Thereby the standard is weighing how the right to be forgotten exists in congruence with the
standards of a civil right. The negative burden thereby is to show that the lack of the right to be
forgotten is on face bad categorically. Rights function under the paradigm of civil rights not in an
absolute sense, for instance, I can claim a right to free speech but that doesnt imply I can yell
fire in a movie theatre since it infringes on the safety of others. As long as the affirmative
provides a strong foundation for why The Right to be Forgotten functions as a civil right, you
affirm.
The thesis of the affirmative case is that The Right to be Forgotten is critical to settling power
imbalances and given those with unequal opportunities a more equal stance in society, meeting
the specific standard of most civil rights in that they prevent injury to an actor and head to
equality. This functions directly under a paradigm of civil rights because no civil rights
framework can support inequality in the determination of your own wills - the thesis under the
affirmative is not that the right to be forgotten absolutely solves the issues of power imbalances,
but simply helps alter the current structure that persecutes many individuals unfairly, often in
context of racial and sexist systems.
EXTEND The topic gives arise to whether the right to be forgotten is analogous to a civil
right, not another extraneous normative framework.

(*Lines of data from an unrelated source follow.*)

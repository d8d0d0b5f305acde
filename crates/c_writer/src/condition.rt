//! Conditions of a specification as expressions of C.
ghost use Rattle.std.specs.Prelude.{◌≡◌, ◌++◌, [], ◌∷◌, map, IsTrue, IfOk, OnOk};
ghost use Rattle.std.specs.List.{list_all};
ghost use Rattle.scr_spec.specs.Shown.{data_of};
ghost use Rattle.scr_spec.specs.Over.{is_side_over, is_cond_over};
ghost use Rattle.c_subset.specs.declared.expr.CExpr.TheVariants.{Name as Object, Relate, Not};
ghost use Rattle.c_writer.specs.Objects.{object_of};
ghost use Rattle.c_writer.specs.Sides.{side_expr as side};
ghost use Rattle.c_writer.specs.Conditions.{truth_expr, cond_expr as condition, conjunction as all_of, disjunction as any_of};

use crate::objects::{Moment, object_at};
use crate::side::side_expr;
use base::{NoMemory, Relation};
use c_subset::CExpr;
use scr_spec::{Cond, Expr, Spec};
use sqlite_items::{Boxed, Items};
use std::alloc::Global;

/// Two numbers in a relation.
pub(crate) fn relate(
    alloc: Global,
    left: CExpr,
    relation: Relation,
    right: CExpr,
) -> Result<CExpr, NoMemory>
    ensures { IfOk result (λ e. e ≡ Relate left relation right) }
{
    let left = Boxed::new(alloc, left)?;
    let right = Boxed::new(alloc, right)?;
    Ok(CExpr::Relate(left, relation, right))
}

/// The negation of an expression.
pub(crate) fn negation(alloc: Global, e: CExpr) -> Result<CExpr, NoMemory>
    ensures { IfOk result (λ n. n ≡ Not e) }
{
    Ok(CExpr::Not(Boxed::new(alloc, e)?))
}

/// TRUE and FALSE, as a relation between numbers.
pub(crate) fn truth(alloc: Global, value: bool) -> Result<CExpr, NoMemory>
    ensures { IfOk result (λ e. e ≡ truth_expr value) }
{
    let relation = if value {
        Relation::Equal
    } else {
        Relation::Differ
    };
    relate(alloc, CExpr::Constant(0), relation, CExpr::Constant(0))
}

fn compared(
    alloc: Global,
    spec: &Spec,
    left: &Expr,
    relation: Relation,
    right: &Expr,
    moment: Moment,
) -> Result<CExpr, NoMemory>
    requires left_over { IsTrue (is_side_over (data_of spec.now) left.now) }
    requires right_over { IsTrue (is_side_over (data_of spec.now) right.now) }
    ensures { IfOk result (λ e. e ≡ Relate (side (data_of spec.now) (object_of (data_of spec.now) moment) (object_of (data_of spec.now) moment) left.now) relation (side (data_of spec.now) (object_of (data_of spec.now) moment) (object_of (data_of spec.now) moment) right.now)) }
{
    let left = side_expr(alloc, spec, left, moment, moment)?;
    let right = side_expr(alloc, spec, right, moment, moment)?;
    relate(alloc, left, relation, right)
}

/// The expression of a condition at a moment.
#[cycle(written)]
#[tactic(auto, using(scr_spec::proofs::Laws::cond_laws, crate::proofs::Joined::cond_laws, scr_spec::specs::declared::cond::Cond::TheViews::the_lemmas))]
pub(crate) fn cond_expr(
    alloc: Global,
    spec: &Spec,
    c: &Cond,
    moment: Moment,
) -> Result<CExpr, NoMemory>
    requires { IsTrue (is_cond_over (data_of spec.now) c.now) }
    ensures { IfOk result (λ e. e ≡ condition (data_of spec.now) (object_of (data_of spec.now) moment) c.now) }
{
    match c {
        Cond::Truth(b) => truth(alloc, *b),
        Cond::Holds(v) => {
            let object = object_at(alloc, spec, moment, *v)?;
            relate(
                alloc,
                CExpr::Name(object),
                Relation::Differ,
                CExpr::Constant(0),
            )
        }
        Cond::Compare(left, relation, right) => {
            compared(alloc, spec, left, *relation, right, moment)
        }
        Cond::Not(c) => {
            let member = cond_expr(alloc, spec, c.get(), moment)?;
            negation(alloc, member)
        }
        Cond::And(cs) => {
            let members = cond_exprs(alloc, spec, cs.as_slice(), moment)?;
            Ok(CExpr::And(members))
        }
        Cond::Or(cs) => {
            let members = cond_exprs(alloc, spec, cs.as_slice(), moment)?;
            Ok(CExpr::Or(members))
        }
    }
}

#[cycle(written)]
fn cond_exprs(
    alloc: Global,
    spec: &Spec,
    cs: &[Cond],
    moment: Moment,
) -> Result<Items<CExpr>, NoMemory>
    requires { IsTrue (list_all (is_cond_over (data_of spec.now)) cs.now) }
    ensures { IfOk result (λ es. es ≡ map (condition (data_of spec.now) (object_of (data_of spec.now) moment)) cs.now) }
{
    let mut members = Items::new(alloc);
    for c in cs {
        let member = cond_expr(alloc, spec, c, moment)?;
        members.push(member)?;
    }
    Ok(members)
}

/// The members joined by `&&`. One member stands alone.
pub(crate) fn conjunction(alloc: Global, mut members: Items<CExpr>) -> Result<CExpr, NoMemory>
    ensures { IfOk result (λ e. e ≡ all_of members) }
{
    match members.len() {
        0 => truth(alloc, true),
        1 => match members.pop() {
            Some(member) => Ok(member),
            None => truth(alloc, true),
        },
        _ => Ok(CExpr::And(members)),
    }
}

/// The members joined by `||`. One member stands alone.
pub(crate) fn disjunction(alloc: Global, mut members: Items<CExpr>) -> Result<CExpr, NoMemory>
    ensures { IfOk result (λ e. e ≡ any_of members) }
{
    match members.len() {
        0 => truth(alloc, false),
        1 => match members.pop() {
            Some(member) => Ok(member),
            None => truth(alloc, false),
        },
        _ => Ok(CExpr::Or(members)),
    }
}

For instance, if I said a tomato ought
to be a fruit, I am not voicing if tomatoes are good for you or if tomatoes are a good thing
- I am simply establishing that according to a maxims of a fruit, a tomato ought to be one.
This is distinct from ought is a moral obligation since a civil right is at best a direct
application of morality, but not a condition constrained by it - skepticism or other
epistemic indicts will not solve since they do not criticize or function within the
framework of civil rights. THEY LOSE THE FRAMEWORK DEBATE SINCE THEY ARE
APPEALING TO NORMATIVE OR EPISTEMIC PHILOSOPHY BUT FAIL TO ASSESS THE

RESOLUTION IS A PARADAMIC QUESTION. THIS IS A GAME OVER ISSUE SINCE THEY


DONT UNDERSTAND HOW THE OFFENSE WORKS.

WEIGHING
Prefer aff claims as I specifically helps those who are already disadvantaged in society - this
functions stronger on balance in corporations and states already at a power imbalance with
people of color. The AC contention therefore functions first since it gives those disadvantage the
power first to fight back a system that already targeted them.
Further - all negative claims are futile in which they defend only specific instances where the
right to be forgotten is bad, but it can be waived in those contexts. They do not deny that such
right is necessary in the cases of revenge porn or corporate mistrust which means the
affirmative is structurally ahead. This is an uncompromising issue since the affirmative isnt
attempting to maximize an issue but to prevent power imbalances. Game over issue.